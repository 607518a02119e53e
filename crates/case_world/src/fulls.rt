//! Full configurations of cases.

ghost use Rattle.std.specs.Prelude.{IfOk, IfSome};
ghost use Rattle.udb_spec.specs.Lawful.{Lawful};
ghost use Rattle.udb_spec.specs.Spaces.{Valid};

use case_space::is_small;
use std::alloc::Global;
use udb_base::{Cond, Full, Many, NoMemory, Partial, Space};
use udb_refute::{Found, find};

/// A valid full configuration that meets a condition, where there is one and the space's lists are
/// short.
pub fn full_of(alloc: Global, space: &Space, cond: &Cond) -> Result<Option<Full>, NoMemory>
    requires lawful { Lawful space.now }
    ensures { IfOk result (λ o. IfSome o (Valid space.now)) }
{
    let part = Partial {
        constraints: Many::new(alloc),
    };
    if !is_small(space, &part) {
        return Ok(None);
    }
    match find(alloc, space, &part, cond)? {
        Found::Completion(full) => Ok(Some(full)),
        Found::Refuted(_proof) => Ok(None),
    }
}
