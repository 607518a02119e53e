//! Conditions of cases.

use crate::numbers::number_of;
use std::alloc::Global;
use udb_base::{Boxed, Chars, Cond, Conds, Many, Name, NoMemory, Test, Value, both};

// A value: a number where it begins with a digit.
fn value_of(alloc: Global, text: &str) -> Result<Value, NoMemory> {
    match text {
        "true" => Ok(Value::Flag(true)),
        "false" => Ok(Value::Flag(false)),
        _ => {
            if text.starts_with(|letter: char| letter.is_ascii_digit()) {
                return Ok(Value::Number(number_of(text)));
            }
            Ok(Value::Word(Chars::of(alloc, text)?))
        }
    }
}

fn parameter_is(alloc: Global, name: &str, value: &str) -> Result<Cond, NoMemory> {
    let (name, value) = both(Name::of(alloc, name), value_of(alloc, value))?;
    Ok(Cond::Param {
        name,
        test: Test::Equal,
        value,
    })
}

fn has_extension(alloc: Global, name: &str) -> Result<Cond, NoMemory> {
    Ok(Cond::Ext {
        name: Name::of(alloc, name)?,
        needs: Many::new(alloc),
    })
}

fn plain_atom(alloc: Global, word: &str) -> Result<Cond, NoMemory> {
    match word {
        "always" => Ok(Cond::Always),
        "never" => Ok(Cond::Never),
        "32" => parameter_is(alloc, "MXLEN", "32"),
        "64" => parameter_is(alloc, "MXLEN", "64"),
        _ => match word.split_once('=') {
            Some((name, value)) => parameter_is(alloc, name, value),
            None => has_extension(alloc, word),
        },
    }
}

fn negation(alloc: Global, part: Result<Cond, NoMemory>) -> Result<Cond, NoMemory> {
    Ok(Cond::Not(Boxed::new(alloc, part?)?))
}

fn atom(alloc: Global, word: &str) -> Result<Cond, NoMemory> {
    match word.strip_prefix('!') {
        Some(rest) => negation(alloc, plain_atom(alloc, rest)),
        None => plain_atom(alloc, word),
    }
}

fn push(to: &mut Conds, one: Result<Cond, NoMemory>) -> Result<(), NoMemory> {
    to.push(one?)?;
    Ok(())
}

/// The condition that all of some words joined by `&` hold: `NAME=VALUE` of a parameter, an
/// extension's name, `32` and `64` of MXLEN, `always`, `never`, or `!` before one of these.
pub fn cond_of(alloc: Global, text: &str) -> Result<Cond, NoMemory> {
    let mut parts = Many::new(alloc);
    for word in text.split('&') {
        push(&mut parts, atom(alloc, word))?;
    }
    Ok(Cond::All(parts))
}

[What to produce]:
Nothing should be left out or altered, so reproduce the whole listing.

[Task output]:
repository 607518a02119e53e
filename crates/case_world/src/fulls.rt
//! Full configurations of cases.

ghost use Rattle.std.specs.Prelude.{IfOk, IfSome};
ghost use Rattle.udb_spec.specs.Lawful.{Lawful};
ghost use Rattle.udb_spec.specs.Spaces.{Valid};

use case_space::is_small;
use std::alloc::Global;
use udb_base::{Cond, Full, Many, NoMemory, Partial, Space};
use udb_refute::{Found, find};

/// A valid full configuration that meets a condition, where there is one and the space's lists are
/// short.
pub fn full_of(alloc: Global, space: &Space, cond: &Cond) -> Result<Option<Full>, NoMemory>
    requires lawful { Lawful space.now }
    ensures { IfOk result (λ o. IfSome o (Valid space.now)) }
{
    let part = Partial {
        constraints: Many::new(alloc),
    };
    if !is_small(space, &part) {
        return Ok(None);
    }
    match find(alloc, space, &part, cond)? {
        Found::Completion(full) => Ok(Some(full)),
        Found::Refuted(_proof) => Ok(None),
    }
}
repository 607518a02119e53e
//! Conditions of cases.

use crate::numbers::number_of;
use std::alloc::Global;
use udb_base::{Boxed, Chars, Cond, Conds, Many, Name, NoMemory, Test, Value, both};

// A value: a number where it begins with a digit.
fn value_of(alloc: Global, text: &str) -> Result<Value, NoMemory> {
    match text {
        "true" => Ok(Value::Flag(true)),
        "false" => Ok(Value::Flag(false)),
        _ => {
            if text.starts_with(|letter: char| letter.is_ascii_digit()) {
                return Ok(Value::Number(number_of(text)));
            }
            Ok(Value::Word(Chars::of(alloc, text)?))
        }
    }
}

fn parameter_is(alloc: Global, name: &str, value: &str) -> Result<Cond, NoMemory> {
    let (name, value) = both(Name::of(alloc, name), value_of(alloc, value))?;
    Ok(Cond::Param {
        name,
        test: Test::Equal,
        value,
    })
}

fn has_extension(alloc: Global, name: &str) -> Result<Cond, NoMemory> {
    Ok(Cond::Ext {
        name: Name::of(alloc, name)?,
        needs: Many::new(alloc),
    })
}

fn plain_atom(alloc: Global, word: &str) -> Result<Cond, NoMemory> {
    match word {
        "always" => Ok(Cond::Always),
        "never" => Ok(Cond::Never),
        "32" => parameter_is(alloc, "MXLEN", "32"),
        "64" => parameter_is(alloc, "MXLEN", "64"),
        _ => match word.split_once('=') {
            Some((name, value)) => parameter_is(alloc, name, value),
            None => has_extension(alloc, word),
        },
    }
}

fn negation(alloc: Global, part: Result<Cond, NoMemory>) -> Result<Cond, NoMemory> {
    Ok(Cond::Not(Boxed::new(alloc, part?)?))
}

fn atom(alloc: Global, word: &str) -> Result<Cond, NoMemory> {
    match word.strip_prefix('!') {
        Some(rest) => negation(alloc, plain_atom(alloc, rest)),
        None => plain_atom(alloc, word),
    }
}

fn push(to: &mut Conds, one: Result<Cond, NoMemory>) -> Result<(), NoMemory> {
    to.push(one?)?;
    Ok(())
}

/// The condition that all of some words joined by `&` hold: `NAME=VALUE` of a parameter, an
/// extension's name, `32` and `64` of MXLEN, `always`, `never`, or `!` before one of these.
pub fn cond_of(alloc: Global, text: &str) -> Result<Cond, NoMemory> {
    let mut parts = Many::new(alloc);
    for word in text.split('&') {
        push(&mut parts, atom(alloc, word))?;
    }
    Ok(Cond::All(parts))
}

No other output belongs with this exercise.